If a line includes "these", copy it out of the entries.

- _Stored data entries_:
==============================
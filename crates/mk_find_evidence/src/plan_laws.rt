//! Laws about the plans that show findings, for a caller that has read the makefile and the
//! footprints and selected the graph. Each function exists for its contract alone: a caller has the
//! law as a fact.

ghost use Rattle.mk_find_evidence.specs.PlanLaws.{NamesOfSubjectArePlain, ShownStepsRun};

use mk_foot::laws::names_read_are_plain;
use mk_infer_laws::name_laws::{goals_are_plain, nodes_have_plain_names};
use mk_read_laws::rule_laws::{rule_lines_are_well_named, texts_are_plain};
use mk_world_plan::laws::written_history_runs;

/// All names in the world of a subject that was read are plain paths: those of nodes and sources,
/// and those of files that recipes read or write.
pub fn names_of_subject_are_plain()
    ensures { NamesOfSubjectArePlain }
{
    goals_are_plain();
    names_read_are_plain();
    nodes_have_plain_names();
    rule_lines_are_well_named();
    texts_are_plain();
}

/// Take steps that show a finding of a subject that was read, with a text of at most 65,536 lines.
/// The text is read as a plan. In the first world the plan has a run to its end, and each of its
/// runs takes these steps, except for passes of nodes without recipe, which a run takes by itself.
pub fn shown_steps_run()
    ensures { ShownStepsRun }
{
    names_of_subject_are_plain();
    written_history_runs();
}
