//! Builds a schedule step by step, from the first world.

ghost use Rattle.std.specs.Prelude.{◌≡◌, ◌∷◌, ◌<◌, ◌+◌, [], length, map, true, IfOk, OnOk};
ghost use Rattle.std.specs.String.{string_bytes};
ghost use Rattle.mk_graph.specs.Graph.{IsGraph, node};
ghost use Rattle.mk_build.specs.Steps as model;
ghost use Rattle.mk_build.specs.Setting.{name};
ghost use Rattle.mk_build.specs.SerialMake.{puts, whole_run};
ghost use Rattle.mk_build.specs.World.{last_stamp};
ghost use Rattle.mk_world.specs.NamedStep.{step_view};
ghost use Rattle.mk_world.specs.Running.{contents_of};
ghost use Rattle.mk_world.specs.State.{disk_of, number_of, setting};
ghost use Rattle.mk_world.specs.Steps.{IsFirstOf, step_of};
ghost use Rattle.mk_find_evidence.specs.Histories.{GoesOn, MayGoOn, Notes, looks_and_puts, puts_in};
ghost use Rattle.mk_find_evidence.specs.Numbers.{HasSmallNumbers, HaveSmallNumbers};

use mk_foot::Setting;
use mk_graph::{Graph, Node};
use mk_world::laws::whole_runs_agree;
use mk_world::{Step, World};
use std::alloc::{AllocError, Global};
use std::marker::Model;

/// The steps taken from the first world of a graph and its footprints, and the world that they lead
/// to. Its model is that world and the list of steps.
#[derive(Drop)]
pub struct History<'a> {
    alloc: Global,
    graph: &'a Graph,
    world: World<'a>,
    steps: Vec<Step<'a>>,
}

impl<'a> Model for History<'a> {
    ghost use Rattle.std.specs.Prelude.{◌≡◌, map};
    ghost use Rattle.mk_world.specs.NamedStep.{step_view};
    ghost use Rattle.mk_find_evidence.specs.Histories as value;
    ghost use Rattle.mk_find_evidence.specs.Numbers.{HaveSmallNumbers};

    ghost Value = { value.History };

    ghost view = { λ h. record { world = h.world; steps = map step_view h.steps.items } };

    ghost invariant = { λ h.
        (h.world.scene.graph ≡ h.graph.now) ×
        HaveSmallNumbers (map step_view h.steps.items) };
}

impl<'a> History<'a> {
    /// No steps, in the first world. The only error is out of memory.
    pub fn new(
        alloc: Global,
        graph: &'a Graph,
        setting: &'a Setting,
    ) -> Result<History<'a>, AllocError>
        ensures first { IfOk result (λ h. IsFirstOf graph.entry.now setting.entry.now h.world) }
        ensures steps { IfOk result (λ h. h.steps ≡ []) }
    {
        Ok(History {
            alloc,
            graph,
            world: World::new(alloc, graph, setting)?,
            steps: Vec::new(alloc),
        })
    }

    /// The steps.
    pub fn into_steps(self) -> Vec<Step<'a>>
        ensures steps { map step_view result.items ≡ self.entry.steps }
        ensures numbers { HaveSmallNumbers (map step_view result.items) }
    {
        self.steps
    }

    /// The last stamp that was used.
    pub fn clock(&self) -> u64
        ensures { result ≡ self.now.world.disk.clock }
    {
        self.world.clock()
    }

    /// Appends a step without taking it.
    fn note(&mut self, step: Step<'a>) -> Result<(), AllocError>
        requires { HasSmallNumbers (step_view step) }
        ensures { OnOk result (Notes self.old self.new
            (step_of self.old.world.scene.graph (step_view step.entry) ∷ [])) }
    {
        self.steps.push(step)?;
        Ok(())
    }

    /// Takes a step that is allowed, and appends it.
    fn take(&mut self, step: Step<'a>) -> Result<(), AllocError>
        requires numbers { HasSmallNumbers (step_view step) }
        requires legal { MayGoOn self.old
            (step_of self.old.world.scene.graph (step_view step) ∷ []) }
        ensures { OnOk result (GoesOn self.old self.new
            (step_of self.old.world.scene.graph (step_view step.entry) ∷ [])) }
    {
        self.world.take_allowed(&step)?;
        self.note(step)?;
        Ok(())
    }

    fn node(&self, number: usize) -> &'a Node
        requires { number < length self.now.world.scene.graph.nodes }
        ensures value { result.now ≡ node self.now.world.scene.graph number }
        ensures graph { IsGraph self.now.world.scene.graph }
    {
        let nodes = self.graph.nodes();
        &nodes[number]
    }

    /// The name of a node.
    fn name_of(&self, number: usize) -> &'a str
        requires { number < length self.now.world.scene.graph.nodes }
        ensures { number_of self.now.world.scene.graph result.now ≡ number }
    {
        let node = self.node(number);
        node.name.as_str()
    }

    /// The names of all goals, in their order.
    fn goals(&self) -> Result<Vec<&'a str>, AllocError>
        ensures { IfOk result (λ goals. map (number_of self.now.world.scene.graph)
            (map (λ goal. goal.now) goals.items) ≡ self.now.world.scene.graph.goals) }
    {
        let goals = self.graph.goals();
        let mut names = Vec::with_capacity(self.alloc, goals.len())?;
        for goal in goals {
            names.push(self.name_of(*goal))?;
        }
        Ok(names)
    }

    /// Starts a make of all goals with one job. This and the other public steps must be legal in
    /// the current world; their only error is out of memory, after which the world and the list of
    /// steps need not agree.
    pub fn start(&mut self) -> Result<(), AllocError>
        requires { MayGoOn self.old (model.Make 1 self.old.world.scene.graph.goals ∷ []) }
        ensures { OnOk result (GoesOn self.old self.new
            (model.Make 1 self.old.world.scene.graph.goals ∷ [])) }
    {
        let goals = self.goals()?;
        self.take(Step::Make { jobs: 1, goals })
    }

    /// Ends the make.
    pub fn end_make(&mut self) -> Result<(), AllocError>
        requires { MayGoOn self.old (model.EndMake ∷ []) }
        ensures { OnOk result (GoesOn self.old self.new (model.EndMake ∷ [])) }
    {
        self.take(Step::EndMake)
    }

    /// Edits a file; its content is its new stamp.
    pub fn edit(&mut self, file: &'a str) -> Result<(), AllocError>
        requires stamp { self.old.world.disk.clock < last_stamp }
        requires legal { MayGoOn self.old
            (model.Edit file.now (self.old.world.disk.clock + 1) ∷ []) }
        ensures { OnOk result (GoesOn self.old self.new
            (model.Edit file.entry.now (self.old.world.disk.clock + 1) ∷ [])) }
    {
        let content = self.clock() + 1;
        self.take(Step::Edit { file, content })
    }

    /// Passes a node.
    pub fn pass(&mut self, number: usize) -> Result<(), AllocError>
        requires node { number < length self.old.world.scene.graph.nodes }
        requires legal { MayGoOn self.old (model.Pass number ∷ []) }
        ensures { OnOk result (GoesOn self.old self.new (model.Pass number ∷ [])) }
    {
        let node = self.name_of(number);
        self.take(Step::Pass { node })
    }

    /// Begins a recipe.
    pub fn begin(&mut self, number: usize) -> Result<(), AllocError>
        requires node { number < length self.old.world.scene.graph.nodes }
        requires legal { MayGoOn self.old (model.Begin number ∷ []) }
        ensures { OnOk result (GoesOn self.old self.new (model.Begin number ∷ [])) }
    {
        let node = self.name_of(number);
        self.take(Step::Begin { node })
    }

    /// Appends the begin of a recipe.
    fn push_begin(&mut self, number: usize) -> Result<(), AllocError>
        requires { number < length self.old.world.scene.graph.nodes }
        ensures { OnOk result (Notes self.old self.new (model.Begin number ∷ [])) }
    {
        let node = self.name_of(number);
        self.note(Step::Begin { node })
    }

    /// Appends a recipe's look at a file.
    fn push_look(&mut self, number: usize, file: &'a str) -> Result<(), AllocError>
        requires { number < length self.old.world.scene.graph.nodes }
        ensures { OnOk result (Notes self.old self.new (model.Look number file.entry.now ∷ [])) }
    {
        let node = self.name_of(number);
        self.note(Step::Look { node, file })
    }

    /// Appends a recipe's writing of a content to a file.
    fn push_put(&mut self, number: usize, file: &'a str, content: u64) -> Result<(), AllocError>
        requires { number < length self.old.world.scene.graph.nodes }
        ensures { OnOk result (Notes self.old self.new
            (model.Put number file.entry.now content ∷ [])) }
    {
        let node = self.name_of(number);
        self.note(Step::Put {
            node,
            file,
            content,
        })
    }

    /// Appends the end of a recipe.
    fn push_end(&mut self, number: usize) -> Result<(), AllocError>
        requires { number < length self.old.world.scene.graph.nodes }
        ensures { OnOk result (Notes self.old self.new (model.End number ∷ [])) }
    {
        let node = self.name_of(number);
        self.note(Step::End { node })
    }

    /// Appends a recipe's looks at these files.
    fn push_looks(&mut self, number: usize, files: &'a [String]) -> Result<(), AllocError>
        requires { number < length self.old.world.scene.graph.nodes }
        ensures { OnOk result (Notes self.old self.new
            (map (λ f. model.Look number f) (map string_bytes files.entry.now))) }
    {
        for file in files {
            self.push_look(number, file.as_str())?;
        }
        Ok(())
    }

    /// Appends a recipe's writings of these contents to these files.
    fn push_puts(
        &mut self,
        number: usize,
        files: &'a [String],
        contents: &[u64],
    ) -> Result<(), AllocError>
        requires { number < length self.old.world.scene.graph.nodes }
        ensures { OnOk result (Notes self.old self.new
            (puts number (map string_bytes files.entry.now) contents.now)) }
    {
        let mut rest = contents;
        for file in files {
            let [content, after @ ..] = rest else {
                return Ok(());
            };
            rest = after;
            self.push_put(number, file.as_str(), *content)?;
        }
        Ok(())
    }

    /// Appends a recipe's looks at all files that it reads, and its writings of these contents to
    /// all files that it writes.
    fn push_files(&mut self, number: usize, contents: &[u64]) -> Result<(), AllocError>
        requires { number < length self.old.world.scene.graph.nodes }
        ensures { OnOk result (Notes self.old self.new
            (looks_and_puts self.old number contents.now)) }
    {
        let (reads, writes) = self.world.files_of(number);
        self.push_looks(number, reads)?;
        self.push_puts(number, writes, contents)?;
        Ok(())
    }

    /// Appends a whole run of a recipe that writes these contents.
    fn push_run(&mut self, number: usize, contents: &[u64]) -> Result<(), AllocError>
        requires { number < length self.old.world.scene.graph.nodes }
        ensures { OnOk result (Notes self.old self.new (whole_run self.old.world.scene.graph
            (setting self.old.world.scene) number contents.now)) }
    {
        self.push_begin(number)?;
        self.push_files(number, contents)?;
        self.push_end(number)?;
        Ok(())
    }

    /// Runs a recipe as a whole: it begins, looks at all files that it reads, writes all files that
    /// it writes, and ends. The contents are those of an earlier run that saw the same, else the
    /// new stamps.
    pub fn run(&mut self, number: usize) -> Result<(), AllocError>
        requires node { number < length self.old.world.scene.graph.nodes }
        requires legal { MayGoOn self.old (whole_run self.old.world.scene.graph
            (setting self.old.world.scene) number (puts_in self.old number)) }
        ensures { OnOk result (GoesOn self.old self.new (whole_run self.old.world.scene.graph
            (setting self.old.world.scene) number (puts_in self.old number))) }
    {
        whole_runs_agree();
        let contents = self.world.contents_for(number)?;
        self.world.run_allowed(number, &contents)?;
        self.push_run(number, &contents)?;
        Ok(())
    }
}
==============================
- _ANSWER FOR THIS EXERCISE_:
/// runs takes these steps, except for passes of nodes without recipe, which a run takes by itself.
    /// Appends a recipe's looks at these files.
    /// Appends a recipe's writings of these contents to these files.
    /// Appends a recipe's looks at all files that it reads, and its writings of these contents to
    /// Appends a whole run of a recipe that writes these contents.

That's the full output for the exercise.